Last weekend was my first trip to Mississippi. As we drove past Jefferson Davis' last home of Beauvoir, I happened upon what I thought was a huge traffic jam in Gulfport, Mississippi. The even stranger part was that tons of people were sitting in lawn chairs facing the street and watching the traffic, occasionally roused by noise and exhaust. Eventually I pulled down the window and asked what was going on. "It's Cruisin' the Coast! I'll tell you when to reve your engine!" was the reply. I kid you not. Read a meticulous account of the events at the Biloxi Sun Herald.
Before I left for the trip, I was told to count the number of times someone mentioned the Civil War. It was good advice. In addition to being called "the unfortunate disagreeent between the North and the South," I also heard "the Great War," "the War between the States," or just "The War."

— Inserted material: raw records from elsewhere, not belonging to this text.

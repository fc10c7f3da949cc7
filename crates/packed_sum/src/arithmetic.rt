// Add, subtract and negate, modulo 2^w in each lane of w bits (document 01, "Lane rules"; the standard, 4.3.2 "iadd", "isub", "ineg"), on a whole
// half. The bits below the top one of each lane are added with no carry out of the lane, or taken from a lane whose top bit is set, with no borrow.
// The top bits are then put right by an exclusive-or.
ghost use Rattle.std.specs.Prelude.{◌≡◌, ◌+◌};
ghost use Rattle.standard.specs.Integer.{iadd, isub, ineg};
ghost use Rattle.packed_half.specs.Half.{half_unary, half_binary};

use packed_half::masks::Lanes;

pub fn add<L: Lanes>(a: u64, b: u64) -> u64
    ensures { result ≡ half_binary (1 + L.LOW_BITS) (iadd (1 + L.LOW_BITS)) a b }
{
    ((a & L::LOW) + (b & L::LOW)) ^ ((a ^ b) & L::TOP)
}

pub fn add64(a: u64, b: u64) -> u64
    ensures { result ≡ half_binary 64 (iadd 64) a b }
{
    std::num::wrapping_add_u64(a, b)
}

pub fn sub<L: Lanes>(a: u64, b: u64) -> u64
    ensures { result ≡ half_binary (1 + L.LOW_BITS) (isub (1 + L.LOW_BITS)) a b }
{
    ((a | L::TOP) - (b & L::LOW)) ^ ((a ^ !b) & L::TOP)
}

pub fn sub64(a: u64, b: u64) -> u64
    ensures { result ≡ half_binary 64 (isub 64) a b }
{
    std::num::wrapping_sub_u64(a, b)
}

pub fn neg<L: Lanes>(a: u64) -> u64
    ensures { result ≡ half_unary (1 + L.LOW_BITS) (ineg (1 + L.LOW_BITS)) a }
{
    sub::<L>(0, a)
}

pub fn neg64(a: u64) -> u64
    ensures { result ≡ half_unary 64 (ineg 64) a }
{
    sub64(0, a)
}
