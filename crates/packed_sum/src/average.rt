// Average, "(a + b + 1) divided by 2, rounded down, unsigned" (document 01, "Lane rules"; the standard, 4.3.2 "iavgr_u"), on a whole half. a + b is
// once the bits that either has and once those that both have; so half of it, rounded up, is the bits that either has less half of those in which
// they differ.
ghost use Rattle.std.specs.Prelude.{◌≡◌, ◌+◌};
ghost use Rattle.standard.specs.Integer.{iavgr_u};
ghost use Rattle.packed_half.specs.Half.{half_binary};

use packed_half::masks::Lanes;

pub fn avgr_u<L: Lanes>(a: u64, b: u64) -> u64
    ensures { result ≡ half_binary (1 + L.LOW_BITS) (iavgr_u (1 + L.LOW_BITS)) a b }
{
    (a | b) - (((a ^ b) >> 1) & L::LOW)
}
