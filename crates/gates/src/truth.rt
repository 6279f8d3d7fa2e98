// A gate's truth word: bits 0 to 8 are its values, one for each number of ones among its inputs; from bit 9 up stands the seed that its inputs are
// gathered behind, which picks a part of the index table: 0, where the number of ones decides. A selector has a value for each row of inputs, and the seed 32.
// Required of `truths`: known gate kinds with at most 8 inputs, a selector with 3, which rule 5 makes sure of.
ghost use Rattle.std.specs.Prelude.{◌≡◌, ℕ, suc, ◌+◌, ◌-◌, ◌<◌, ◌≤◌, length};
ghost use Rattle.theory.specs.Gate.{gate_by};
ghost use Rattle.graph.specs.Columns.{at};
ghost use Rattle.rules.specs.Kinds.{kind_number};
ghost use Rattle.gates.specs.inner.Gates.{Reckons};

use graph::column;
use rules::Kind;

// The value of a gate that has n inputs, of which k are 1.
// Kept, here and in the two below: a kind and a number of inputs, from two columns; a struct of both would be filled for each gate and taken apart at once.
fn gate_by(kind: Kind, n: u32, k: u32) -> u32
    requires { k ≤ n }
    ensures { result ≡ gate_by (kind_number kind) n k }
{
    // 1 where any input is 1, and where all are.
    let any = k.min(1);
    let all = u32::from(k == n);
    match kind {
        Kind::Output | Kind::Buffer | Kind::Or => any,
        Kind::Inverter | Kind::Nor => 1 - any,
        Kind::And => all,
        Kind::Nand => 1 - all,
        Kind::Xor => k % 2,
        Kind::Xnor => 1 - k % 2,
        // An input's value is made by no gate, a selector's not by how many inputs are 1.
        Kind::Input | Kind::Selector => 0,
    }
}

// The truth word of a gate with n inputs whose number of ones decides: bit k is the value when k of them are 1.
fn counted(kind: Kind, n: u32) -> u16
    requires { (¬ (kind_number kind ≡ 10)) × (n ≤ 8) }
    ensures { Reckons (kind_number kind) n result }
{
    let mut word = 0;
    for k in 0..n + 1 {
        word += gate_by(kind, n, k) << k;
    }
    word as u16
}

// Select, first, second in one word: bits 2 and 3 are select 0 with the first 1, bits 5 and 7 are select 1 with the second 1. Above them stands the seed 32.
const SELECTOR: u16 = 16384 + 172;

// The truth word of a gate with n inputs.
fn truth_of(kind: Kind, n: u32) -> u16
    requires { (n ≤ 8) × (kind_number kind ≡ 10 → n ≡ 3) }
    ensures { Reckons (kind_number kind) n result }
{
    match kind {
        Kind::Selector => SELECTOR,
        _ => counted(kind, n),
    }
}

// The truth words of a row of gates: gate i has `first[i + 1] - first[i]` inputs.
// Kept: the kinds are the record's bytes, of which a `Kind` is made here, once for each gate.
pub fn truths<const N: usize>(kind: &[u8], first: &[u16]) -> [u16; N]
    requires gates_in_bounds { (length kind.now < length first.now) × (length kind.now ≤ N) }
    requires by_index { (i : ℕ) → i < length kind.now → (at kind.now i < 11) × (at first.now i ≤ at first.now (suc i)) × (at first.now (suc i) ≤ at first.now i + 8)
        × (at kind.now i ≡ 10 → at first.now (suc i) ≡ at first.now i + 3) }
    ensures { (i : ℕ) → i < length kind.now → Reckons (at kind.now i) (at first.now (suc i) - at first.now i) (at result i) }
{
    column(kind.len(), 0, |i| {
        let gate = Kind::try_from(kind[i]).unwrap();
        truth_of(gate, u32::from(first[i + 1] - first[i]))
    })
}
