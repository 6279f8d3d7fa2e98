// The table by which truth words are read.
ghost use Rattle.std.specs.Prelude.{◌≡◌, ℕ, ◌<◌, ◌≤◌};
ghost use Rattle.graph.specs.Columns.{at};
ghost use Rattle.gates.specs.inner.Gates.{picked, Table};

// The seed of a truth word stands in bits 9 and up: 0 or 32, behind which at most 8 or 3 inputs are gathered.
const WORDS: usize = 264;

// For each gathered word, which bit of a truth word it asks for: `new` finds them, and a caller that has them gives its own.
#[derive(Clone, Copy)]
pub struct IndexTable {
    pub places: [u8; WORDS],
    pub ghost table: { Table places },
}

// Which bit of a truth word a gathered word asks for: the number of its ones; behind the seed 32 the three inputs themselves.
fn pick(word: u32) -> u8
    ensures { result ≡ picked word }
{
    if word < 256 {
        u32::count_ones(word) as u8
    } else {
        (word % 8) as u8
    }
}

impl IndexTable {
    // Each word's bit is found once.
    pub fn new() -> IndexTable
        ensures { Table result.places }
    {
        let mut places = [0u8; WORDS];
        for (word, place) in places.iter_mut().enumerate() {
            *place = pick(word as u32);
        }
        IndexTable { places }
    }

    // The bit of a truth word that a gathered word asks for.
    pub(crate) fn bit_of(&self, word: usize) -> u32
        requires { word < 264 }
        ensures { (result ≡ picked word) × (result ≤ 8) }
    {
        u32::from(self.places[word])
    }
}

Most of these references were during my visit to Natchez, a small town that's known for its antebellum homes, several of which are kept in pristine order. The town used to be one of the wealthiest before the Civil War. It fell into a depression afterwards from which it's never fully recovered although tourism seems to be a new outlet. Mix tourism with a painful past and you hear references to "servants" as opposed to slaves and other euphemisms. My visit was during the Fall Pilgrimage when the homes are open to the public. Pilgrimage is a strange term which I never got around to figuring out. In the Spring Pilgrimage, there's a pageant, a local tradition since the 1930s, in which the King and Queen of the Pilgrimage dress in Civil War attire, the man in a Confederate uniform and a woman in a hoop-skirt dress.
To be fair, however, most of Jackson looked like any small town suburb...which is almost kind of sad in a way.